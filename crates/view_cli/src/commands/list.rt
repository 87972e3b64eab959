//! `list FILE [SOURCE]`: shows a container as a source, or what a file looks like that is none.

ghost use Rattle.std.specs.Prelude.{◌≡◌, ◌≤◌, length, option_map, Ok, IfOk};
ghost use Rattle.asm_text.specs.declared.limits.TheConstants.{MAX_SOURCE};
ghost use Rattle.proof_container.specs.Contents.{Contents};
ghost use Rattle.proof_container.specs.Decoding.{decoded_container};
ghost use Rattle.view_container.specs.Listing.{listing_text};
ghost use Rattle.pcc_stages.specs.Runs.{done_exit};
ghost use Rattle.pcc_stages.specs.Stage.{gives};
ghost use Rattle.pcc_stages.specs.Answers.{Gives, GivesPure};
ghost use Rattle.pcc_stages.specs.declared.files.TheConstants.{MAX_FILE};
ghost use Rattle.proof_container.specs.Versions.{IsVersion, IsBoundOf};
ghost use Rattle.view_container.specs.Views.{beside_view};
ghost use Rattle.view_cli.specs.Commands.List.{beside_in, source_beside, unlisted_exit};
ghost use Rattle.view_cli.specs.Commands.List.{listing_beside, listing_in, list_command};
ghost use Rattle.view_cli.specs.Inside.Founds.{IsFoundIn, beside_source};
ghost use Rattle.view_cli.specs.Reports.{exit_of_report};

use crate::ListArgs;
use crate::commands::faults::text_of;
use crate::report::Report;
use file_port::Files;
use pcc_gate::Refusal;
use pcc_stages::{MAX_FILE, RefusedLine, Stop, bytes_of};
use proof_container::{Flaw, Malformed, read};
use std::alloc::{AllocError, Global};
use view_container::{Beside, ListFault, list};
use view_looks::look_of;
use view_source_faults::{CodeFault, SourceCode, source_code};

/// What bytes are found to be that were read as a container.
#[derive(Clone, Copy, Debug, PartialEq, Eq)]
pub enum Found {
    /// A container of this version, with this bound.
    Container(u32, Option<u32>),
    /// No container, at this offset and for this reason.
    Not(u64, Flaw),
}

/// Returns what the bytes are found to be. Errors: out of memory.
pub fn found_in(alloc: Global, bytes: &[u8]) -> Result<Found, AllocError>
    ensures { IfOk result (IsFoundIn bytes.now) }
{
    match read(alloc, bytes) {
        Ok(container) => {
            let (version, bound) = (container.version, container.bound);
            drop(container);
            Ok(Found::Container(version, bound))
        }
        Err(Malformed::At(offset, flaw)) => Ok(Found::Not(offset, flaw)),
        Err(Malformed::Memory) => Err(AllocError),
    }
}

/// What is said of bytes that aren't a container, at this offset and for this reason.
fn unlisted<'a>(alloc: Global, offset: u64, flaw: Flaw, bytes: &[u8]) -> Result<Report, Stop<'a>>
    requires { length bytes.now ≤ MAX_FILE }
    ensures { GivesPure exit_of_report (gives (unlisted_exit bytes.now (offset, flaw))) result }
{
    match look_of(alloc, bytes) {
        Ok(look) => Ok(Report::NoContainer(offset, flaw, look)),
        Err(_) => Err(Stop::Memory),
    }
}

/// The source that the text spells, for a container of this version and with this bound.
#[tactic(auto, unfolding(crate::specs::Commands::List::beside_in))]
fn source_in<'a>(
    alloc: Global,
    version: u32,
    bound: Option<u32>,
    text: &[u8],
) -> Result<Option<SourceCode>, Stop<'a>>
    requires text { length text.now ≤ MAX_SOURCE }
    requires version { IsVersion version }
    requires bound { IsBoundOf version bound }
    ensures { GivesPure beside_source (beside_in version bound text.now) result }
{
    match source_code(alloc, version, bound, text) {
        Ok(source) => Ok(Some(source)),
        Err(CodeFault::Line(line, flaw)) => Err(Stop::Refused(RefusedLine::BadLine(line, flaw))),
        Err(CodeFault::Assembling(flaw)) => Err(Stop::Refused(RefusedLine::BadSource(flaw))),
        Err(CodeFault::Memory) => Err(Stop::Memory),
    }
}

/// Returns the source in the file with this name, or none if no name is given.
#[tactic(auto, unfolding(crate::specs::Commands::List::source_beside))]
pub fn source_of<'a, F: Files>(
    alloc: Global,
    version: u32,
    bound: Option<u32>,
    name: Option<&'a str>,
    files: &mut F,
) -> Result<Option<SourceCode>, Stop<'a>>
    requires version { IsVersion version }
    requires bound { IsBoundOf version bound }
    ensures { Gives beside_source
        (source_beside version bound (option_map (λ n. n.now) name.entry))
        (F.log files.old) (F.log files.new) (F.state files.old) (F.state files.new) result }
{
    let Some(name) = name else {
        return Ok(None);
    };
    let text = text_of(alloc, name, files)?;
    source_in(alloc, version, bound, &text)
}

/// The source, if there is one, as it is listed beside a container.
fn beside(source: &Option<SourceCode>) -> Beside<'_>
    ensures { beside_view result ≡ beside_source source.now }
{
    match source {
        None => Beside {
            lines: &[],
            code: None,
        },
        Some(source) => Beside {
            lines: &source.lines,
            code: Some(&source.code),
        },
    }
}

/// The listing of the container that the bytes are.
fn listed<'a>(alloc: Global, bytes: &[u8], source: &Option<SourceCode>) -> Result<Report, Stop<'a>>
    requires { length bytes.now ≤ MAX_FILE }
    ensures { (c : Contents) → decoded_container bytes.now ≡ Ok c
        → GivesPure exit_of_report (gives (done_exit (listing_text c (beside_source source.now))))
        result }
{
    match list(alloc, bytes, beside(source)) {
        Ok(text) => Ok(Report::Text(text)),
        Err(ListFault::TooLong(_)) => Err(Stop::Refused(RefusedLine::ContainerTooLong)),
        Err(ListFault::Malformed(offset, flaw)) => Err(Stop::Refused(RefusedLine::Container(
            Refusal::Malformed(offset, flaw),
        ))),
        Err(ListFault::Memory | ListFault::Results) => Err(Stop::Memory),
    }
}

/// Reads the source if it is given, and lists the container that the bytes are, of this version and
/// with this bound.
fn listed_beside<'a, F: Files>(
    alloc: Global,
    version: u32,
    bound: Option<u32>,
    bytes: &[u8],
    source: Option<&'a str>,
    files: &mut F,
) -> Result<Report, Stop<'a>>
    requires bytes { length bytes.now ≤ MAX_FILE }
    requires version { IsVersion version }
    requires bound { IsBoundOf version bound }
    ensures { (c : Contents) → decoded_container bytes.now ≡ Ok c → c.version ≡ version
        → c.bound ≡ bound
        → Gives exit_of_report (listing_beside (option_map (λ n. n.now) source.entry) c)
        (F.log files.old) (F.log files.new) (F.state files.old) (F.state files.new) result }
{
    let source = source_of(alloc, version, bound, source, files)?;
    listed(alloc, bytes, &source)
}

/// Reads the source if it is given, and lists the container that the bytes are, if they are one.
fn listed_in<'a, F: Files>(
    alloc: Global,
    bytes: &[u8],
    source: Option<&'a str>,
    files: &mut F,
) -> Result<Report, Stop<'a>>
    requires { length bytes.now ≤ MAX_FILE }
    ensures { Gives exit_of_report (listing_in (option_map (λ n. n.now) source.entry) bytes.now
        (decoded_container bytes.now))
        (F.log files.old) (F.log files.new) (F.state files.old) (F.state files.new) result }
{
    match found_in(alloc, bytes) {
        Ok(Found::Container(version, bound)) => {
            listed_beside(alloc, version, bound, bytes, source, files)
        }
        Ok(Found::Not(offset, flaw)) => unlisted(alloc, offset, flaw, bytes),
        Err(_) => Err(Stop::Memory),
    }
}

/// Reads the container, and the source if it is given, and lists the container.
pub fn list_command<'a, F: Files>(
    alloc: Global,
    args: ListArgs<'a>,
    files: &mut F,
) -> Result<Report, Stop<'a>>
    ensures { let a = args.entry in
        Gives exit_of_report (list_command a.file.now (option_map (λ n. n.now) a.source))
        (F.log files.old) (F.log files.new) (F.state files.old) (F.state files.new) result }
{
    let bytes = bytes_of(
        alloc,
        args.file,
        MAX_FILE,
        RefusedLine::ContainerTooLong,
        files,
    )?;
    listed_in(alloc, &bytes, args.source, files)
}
* * *
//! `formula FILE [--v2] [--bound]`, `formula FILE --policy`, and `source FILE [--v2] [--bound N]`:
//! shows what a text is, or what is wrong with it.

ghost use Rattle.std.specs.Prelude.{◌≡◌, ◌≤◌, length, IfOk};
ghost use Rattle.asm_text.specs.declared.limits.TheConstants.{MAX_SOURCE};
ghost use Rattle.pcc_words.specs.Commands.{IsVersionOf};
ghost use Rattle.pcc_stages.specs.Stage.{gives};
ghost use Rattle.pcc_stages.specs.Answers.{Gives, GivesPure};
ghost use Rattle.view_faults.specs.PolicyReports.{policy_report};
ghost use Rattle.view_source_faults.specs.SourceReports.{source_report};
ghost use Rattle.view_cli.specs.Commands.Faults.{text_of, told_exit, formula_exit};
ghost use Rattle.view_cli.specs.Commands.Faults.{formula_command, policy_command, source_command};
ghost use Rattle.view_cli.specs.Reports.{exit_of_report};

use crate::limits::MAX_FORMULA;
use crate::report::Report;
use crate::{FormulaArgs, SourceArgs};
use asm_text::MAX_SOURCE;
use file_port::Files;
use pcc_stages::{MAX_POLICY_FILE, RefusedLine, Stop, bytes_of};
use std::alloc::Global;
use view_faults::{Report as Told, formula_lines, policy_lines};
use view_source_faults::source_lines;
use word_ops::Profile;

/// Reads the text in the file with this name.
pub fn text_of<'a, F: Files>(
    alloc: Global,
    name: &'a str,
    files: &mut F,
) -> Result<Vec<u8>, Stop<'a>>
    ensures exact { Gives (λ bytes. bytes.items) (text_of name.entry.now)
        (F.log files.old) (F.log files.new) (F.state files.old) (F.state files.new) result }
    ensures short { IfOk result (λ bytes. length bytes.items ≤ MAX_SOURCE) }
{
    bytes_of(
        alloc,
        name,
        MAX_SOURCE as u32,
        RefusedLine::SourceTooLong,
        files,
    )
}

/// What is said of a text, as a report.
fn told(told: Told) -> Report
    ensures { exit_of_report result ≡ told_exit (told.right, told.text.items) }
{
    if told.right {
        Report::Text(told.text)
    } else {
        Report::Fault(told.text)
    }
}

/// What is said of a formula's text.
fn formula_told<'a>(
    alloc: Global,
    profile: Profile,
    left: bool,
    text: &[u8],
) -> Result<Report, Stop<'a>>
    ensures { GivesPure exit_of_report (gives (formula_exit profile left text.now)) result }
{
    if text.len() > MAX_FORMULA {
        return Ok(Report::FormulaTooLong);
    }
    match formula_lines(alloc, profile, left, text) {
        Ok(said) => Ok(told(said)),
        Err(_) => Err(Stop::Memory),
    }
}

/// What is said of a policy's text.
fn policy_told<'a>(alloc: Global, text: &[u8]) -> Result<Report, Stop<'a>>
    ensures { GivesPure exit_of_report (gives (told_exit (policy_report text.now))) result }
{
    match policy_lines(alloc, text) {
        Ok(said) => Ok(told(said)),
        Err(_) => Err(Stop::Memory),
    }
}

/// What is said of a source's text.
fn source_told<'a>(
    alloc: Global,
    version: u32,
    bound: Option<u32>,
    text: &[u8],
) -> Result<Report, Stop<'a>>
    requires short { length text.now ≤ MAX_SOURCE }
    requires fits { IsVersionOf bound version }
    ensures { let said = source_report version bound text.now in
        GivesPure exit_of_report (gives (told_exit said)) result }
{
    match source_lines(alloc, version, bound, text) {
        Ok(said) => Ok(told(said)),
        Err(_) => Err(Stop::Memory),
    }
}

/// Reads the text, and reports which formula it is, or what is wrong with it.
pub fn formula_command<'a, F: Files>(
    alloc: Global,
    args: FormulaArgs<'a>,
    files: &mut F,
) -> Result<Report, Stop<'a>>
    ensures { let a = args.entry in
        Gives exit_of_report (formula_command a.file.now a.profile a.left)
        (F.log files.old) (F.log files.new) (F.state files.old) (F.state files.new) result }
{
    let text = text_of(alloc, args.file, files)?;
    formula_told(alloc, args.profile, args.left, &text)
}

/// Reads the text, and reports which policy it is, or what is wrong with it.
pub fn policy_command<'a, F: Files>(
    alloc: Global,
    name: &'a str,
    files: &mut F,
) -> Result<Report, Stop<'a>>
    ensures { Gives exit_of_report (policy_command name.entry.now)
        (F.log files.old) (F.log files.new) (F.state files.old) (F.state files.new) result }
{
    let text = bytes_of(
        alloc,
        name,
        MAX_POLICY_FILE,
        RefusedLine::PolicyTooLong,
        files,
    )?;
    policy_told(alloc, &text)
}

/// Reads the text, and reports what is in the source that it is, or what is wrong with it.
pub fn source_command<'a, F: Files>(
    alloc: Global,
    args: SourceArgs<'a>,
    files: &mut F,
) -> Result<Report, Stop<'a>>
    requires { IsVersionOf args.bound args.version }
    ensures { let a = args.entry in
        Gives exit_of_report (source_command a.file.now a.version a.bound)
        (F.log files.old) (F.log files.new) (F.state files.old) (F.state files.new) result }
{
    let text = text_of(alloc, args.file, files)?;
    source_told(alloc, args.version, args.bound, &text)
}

■ What to work on: Tell how many lines of the data above hold the string "auto". Give only the number.

■ Exercise result: 2